The special online magazines made by Life On Cars are, by and large, quite well received (which, given it was only ever meant to be a one-off originally, is a good thing). The edition I wrote with the cooperation of the Ormskirk MotorFest organisers, however, went a bit further than that, being read not by a few dozen or even hundred people, but by thousands of people. I just hope you all enjoyed reading it as much as I did researching, writing and producing the thing!

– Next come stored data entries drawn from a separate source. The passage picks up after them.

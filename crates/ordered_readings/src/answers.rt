// The first two readings of something.
ghost use Rattle.std.specs.Prelude.{◌≡◌, ◌↔◌, IsTrue, IfOk, [], ◌∷◌, ◌++◌, length};
ghost use Rattle.rule_schemes.specs.Said.{IsBefore};
ghost use Rattle.ordered_readings.specs.NodeView.{reading};
ghost use Rattle.ordered_readings.specs.AnswerView.{answers};
ghost use Rattle.ordered_readings.specs.FirstTwo.{AreInOrder, AreComparable, AreFirstOf};

use crate::node::{Node, is_before, same_scheme, share};
use binding_terms::NoMemory;

/// The first two of several readings, or fewer where there are fewer.
#[derive(Drop)]
pub enum Answers {
    Nothing,
    One(Node),
    Two(Node, Node),
}

/// The same answers again, which share their parts with the first.
pub fn share_answers(found: &Answers) -> Result<Answers, NoMemory>
    ensures { IfOk result (λ new. answers new ≡ answers found.now) }
{
    match found {
        Answers::Nothing => Ok(Answers::Nothing),
        Answers::One(a) => Ok(Answers::One(share(a)?)),
        Answers::Two(a, b) => Ok(Answers::Two(share(a)?, share(b)?)),
    }
}

/// Whether there are two.
pub fn is_full(found: &Answers) -> bool
    ensures { IsTrue result ↔ (length (answers found.now) ≡ 2) }
{
    match found {
        Answers::Nothing => false,
        Answers::One(_) => false,
        Answers::Two(_, _) => true,
    }
}

/// Whether there are none.
pub fn is_none(found: &Answers) -> bool
    ensures { IsTrue result ↔ (answers found.now ≡ []) }
{
    match found {
        Answers::Nothing => true,
        Answers::One(_) => false,
        Answers::Two(_, _) => false,
    }
}

/// The one reading and another.
fn after_one(a: Node, new: Node) -> Answers
    ensures { AreComparable IsBefore (reading new ∷ reading a ∷ [])
        → AreFirstOf IsBefore (reading new ∷ reading a ∷ []) (answers result) }
{
    let sooner = is_before(&new, &a);
    if same_scheme(&new, &a) {
        if sooner {
            return Answers::One(new);
        }
        return Answers::One(a);
    }
    if sooner {
        return Answers::Two(new, a);
    }
    Answers::Two(a, new)
}

/// Two readings in order and another.
fn after_two(a: Node, b: Node, new: Node) -> Answers
    ensures { AreInOrder IsBefore (reading a ∷ reading b ∷ []) → AreComparable IsBefore (reading new ∷ reading a ∷ reading b ∷ [])
        → AreFirstOf IsBefore (reading new ∷ reading a ∷ reading b ∷ []) (answers result) }
{
    let sooner = is_before(&new, &a);
    if same_scheme(&new, &a) {
        if sooner {
            return Answers::Two(new, b);
        }
        return Answers::Two(a, b);
    }
    if sooner {
        return Answers::Two(new, a);
    }
    if is_before(&new, &b) {
        return Answers::Two(a, new);
    }
    Answers::Two(a, b)
}

/// The first two with one more.
pub fn added(found: Answers, new: Node) -> Answers
    ensures { AreInOrder IsBefore (answers found) → AreComparable IsBefore (reading new ∷ answers found)
        → AreFirstOf IsBefore (reading new ∷ answers found) (answers result) }
{
    match found {
        Answers::Nothing => Answers::One(new),
        Answers::One(a) => after_one(a, new),
        Answers::Two(a, b) => after_two(a, b, new),
    }
}

/// The first two of both together.
pub fn joined(found: Answers, more: Answers) -> Answers
    ensures { AreInOrder IsBefore (answers found) → AreComparable IsBefore (answers more ++ answers found)
        → AreFirstOf IsBefore (answers more ++ answers found) (answers result) }
{
    match more {
        Answers::Nothing => found,
        Answers::One(a) => added(found, a),
        Answers::Two(a, b) => added(added(found, b), a),
    }
}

8) Driving Britain’s best roads... in an MX-5 


 The Buttertubs Pass is great in any car but when you’re in something as delicately balanced as an MX-5 it feels a little bit extra special (although the bright evening sunlight didn’t help). But even that wonderful moment couldn’t top the occasion when what seemed like a farm track in the middle of nowhere eventually brought us out onto the road between Pentrefoelas and Ffestiniog, which is one of the most spectacular bits of tarmac I’ve ever encountered. To have discovered it any car would’ve been fun but it was even better being behind the wheel of a great little sports car.

9) Discussing whether the Ford Racing Puma deserves its classic-in-waiting status 


Just one of the many pub arguments I’ve had with the small-but-dedicated group of petrolheads who hold Life On Cars’ automotive assertions to account. Other topics to get The Farmers’ Arms treatment include whether or not off-roaders are stupid and pointless, whether a Toyota GT-86 is better than a top-of-the-range MX-5 and if in cash-strapped 2012 MPG was more important than MPH. For these endless hours of entertaining discussion, I thank this small group of people who know who they are.

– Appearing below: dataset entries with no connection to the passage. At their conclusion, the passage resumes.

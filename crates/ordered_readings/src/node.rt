// Readings whose parts are shared, and which of two stands first.
ghost use Rattle.std.specs.Prelude.{◌≡◌, ◌↔◌, IsTrue, IfOk};
ghost use Rattle.rule_schemes.specs.Said.{ComesBefore, IsBefore, AreBefore};
ghost use Rattle.ordered_readings.specs.NodeView.{reading, row, made, values_of, slot_before};

use binding_terms::{NoMemory, ProdId};
use scheme_terms::MetaId;
use std::alloc::Global;
use std::rc::Rc;

/// What is made of the slots of a reading.
#[derive(Clone, Copy, Debug, PartialEq, Eq)]
pub enum Head {
    Meta(MetaId),
    Known(u32),
    Local(usize),
    Con(ProdId),
}

/// A reading: one in parentheses, or the number of its alternative, what is made of its slots, and these.
#[cycle(node)]
#[derive(Drop)]
pub enum Node {
    Group(Rc<Node>),
    Made(usize, Head, Row),
}

/// The readings of slots, from the left.
#[cycle(node)]
#[derive(Drop)]
pub enum Row {
    End,
    Slot(Rc<SlotCell>),
}

/// The reading of a slot of that length, which binds so many, before the others.
#[cycle(node)]
#[derive(Drop)]
pub struct SlotCell {
    pub length: usize,
    pub binds: usize,
    pub body: Node,
    pub rest: Row,
}

/// The same slots again.
pub fn share_row(slots: &Row) -> Result<Row, NoMemory>
    ensures { IfOk result (λ new. row new ≡ row slots.now) }
{
    match slots {
        Row::End => Ok(Row::End),
        Row::Slot(cell) => Ok(Row::Slot(cell.clone()?)),
    }
}

/// The same reading again, which shares its parts with the first.
pub fn share(node: &Node) -> Result<Node, NoMemory>
    ensures { IfOk result (λ new. reading new ≡ reading node.now) }
{
    match node {
        Node::Group(inside) => Ok(Node::Group(inside.clone()?)),
        Node::Made(alternative, head, slots) => {
            Ok(Node::Made(*alternative, *head, share_row(slots)?))
        }
    }
}

/// Whether the slots are as long, one by one.
fn same_lengths(one: &Row, other: &Row) -> bool
    ensures { IsTrue result ↔ ((row one.now).0 ≡ (row other.now).0) }
{
    match (one, other) {
        (Row::End, Row::End) => true,
        (Row::Slot(a), Row::Slot(b)) => a.length == b.length && same_lengths(&a.rest, &b.rest),
        _ => false,
    }
}

/// Whether the lengths of the slots come before the others'.
fn comes_before(one: &Row, other: &Row) -> bool
    ensures { IsTrue result ↔ ComesBefore (row one.now).0 (row other.now).0 }
{
    match (one, other) {
        (Row::Slot(a), Row::Slot(b)) => {
            if a.length != b.length {
                return a.length < b.length;
            }
            comes_before(&a.rest, &b.rest)
        }
        _ => false,
    }
}

/// Whether both readings stand at one place.
#[cycle(place)]
fn same_place(one: &Node, other: &Node) -> bool
    ensures { IsTrue result ↔ ((reading one.now).0 ≡ (reading other.now).0) }
{
    match (one, other) {
        (Node::Group(a), Node::Group(b)) => same_place(a.as_ref(), b.as_ref()),
        (Node::Made(a, _, r), Node::Made(b, _, q)) => {
            *a == *b && same_lengths(r, q) && same_places(r, q)
        }
        _ => false,
    }
}

/// Whether the slots' readings stand at the same places, one by one.
#[cycle(place)]
fn same_places(one: &Row, other: &Row) -> bool
    ensures { IsTrue result ↔ ((row one.now).1 ≡ (row other.now).1) }
{
    match (one, other) {
        (Row::End, Row::End) => true,
        (Row::Slot(a), Row::Slot(b)) => {
            same_place(&a.body, &b.body) && same_places(&a.rest, &b.rest)
        }
        _ => false,
    }
}

/// Whether the one reading stands before the other in the reading order.
#[cycle(before)]
#[tactic(auto, using(crate::proofs::Before::inside_tells))]
pub fn is_before(one: &Node, other: &Node) -> bool
    ensures { IsTrue result ↔ IsBefore (reading one.now).0 (reading other.now).0 }
{
    match (one, other) {
        (Node::Group(a), Node::Group(b)) => is_before(a.as_ref(), b.as_ref()),
        (Node::Group(_), Node::Made(b, _, _)) => 0 < *b,
        (Node::Made(_, _, _), Node::Group(_)) => false,
        (Node::Made(a, _, r), Node::Made(b, _, q)) => {
            if *a != *b {
                return *a < *b;
            }
            if !same_lengths(r, q) {
                return comes_before(r, q);
            }
            are_before(r, q)
        }
    }
}

/// Whether the slots' readings stand before the others': the first two that differ tell it.
#[cycle(before)]
#[tactic(auto, using(crate::proofs::Before::same_way))]
fn are_before(one: &Row, other: &Row) -> bool
    ensures { IsTrue result ↔ AreBefore (row one.now).1 (row other.now).1 }
{
    match (one, other) {
        (Row::Slot(a), Row::Slot(b)) => {
            if same_place(&a.body, &b.body) {
                return are_before(&a.rest, &b.rest);
            }
            is_before(&a.body, &b.body)
        }
        _ => false,
    }
}

/// What a reading says without the parentheses around it: what is made of which slots.
fn content(node: &Node) -> (Head, &Row)
    ensures { made result.0 (row result.1.now).2 ≡ (reading node.now).1 }
{
    match node {
        Node::Group(inside) => content(inside.as_ref()),
        Node::Made(_, head, slots) => (*head, slots),
    }
}

/// Whether both readings say the same.
#[cycle(said)]
pub fn same_scheme(one: &Node, other: &Node) -> bool
    ensures { IsTrue result ↔ ((reading one.now).1 ≡ (reading other.now).1) }
{
    match one {
        Node::Group(inside) => same_scheme(inside.as_ref(), other),
        Node::Made(_, head, slots) => {
            let (another, others) = content(other);
            same_made(slots, *head, others, another)
        }
    }
}

/// Whether the same is made of the slots.
#[cycle(said)]
fn same_made(one: &Row, head: Head, other: &Row, another: Head) -> bool
    ensures { IsTrue result ↔ (made head (row one.now).2 ≡ made another (row other.now).2) }
{
    match (head, another) {
        (Head::Meta(m), Head::Meta(n)) => m.0 == n.0 && same_values(one, other),
        (Head::Known(k), Head::Known(l)) => k == l,
        (Head::Local(i), Head::Local(j)) => i == j,
        (Head::Con(p), Head::Con(q)) => p.0 == q.0 && same_parts(one, other),
        _ => false,
    }
}

/// Whether the slots say the same as arguments of a metavariable.
#[cycle(said)]
fn same_values(one: &Row, other: &Row) -> bool
    ensures { IsTrue result ↔ (values_of (row one.now).2 ≡ values_of (row other.now).2) }
{
    match (one, other) {
        (Row::End, Row::End) => true,
        (Row::Slot(a), Row::Slot(b)) => {
            same_scheme(&a.body, &b.body) && same_values(&a.rest, &b.rest)
        }
        _ => false,
    }
}

/// Whether the slots say the same, under as many binders.
#[cycle(said)]
fn same_parts(one: &Row, other: &Row) -> bool
    ensures { IsTrue result ↔ ((row one.now).2 ≡ (row other.now).2) }
{
    match (one, other) {
        (Row::End, Row::End) => true,
        (Row::Slot(a), Row::Slot(b)) => {
            a.binds == b.binds && same_scheme(&a.body, &b.body) && same_parts(&a.rest, &b.rest)
        }
        _ => false,
    }
}

/// The slot of that length, which binds so many, before the other slots.
pub fn slot_before(
    alloc: Global,
    length: usize,
    binds: usize,
    first: &Node,
    rest: &Row,
) -> Result<Row, NoMemory>
    ensures { IfOk result (λ new. row new ≡ slot_before length binds (reading first.now) (row rest.now)) }
{
    let body = share(first)?;
    let rest = share_row(rest)?;
    let cell = SlotCell {
        length,
        binds,
        body,
        rest,
    };
    Ok(Row::Slot(Rc::new(alloc, cell)?))
}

10) Raising £126 for charidee



Finally, there was the night when Life On Cars and the region’s petrolheads came together to help support a very good cause by taking part in a pub quiz with a difference – all the questions were motoring-related. Even though there was a broken sound system, a very drunk Nigel Mansell fan and a slight mistake in a motorbike question to deal with, the night still managed to raise £126 for the National Autistic Society. You never know, there might even be another one in 2013...

Make no mistake, 2012’s been a great year for motoring moments and Life On Cars will continue giving you a petrolhead perspective throughout 2013. Happy New Year!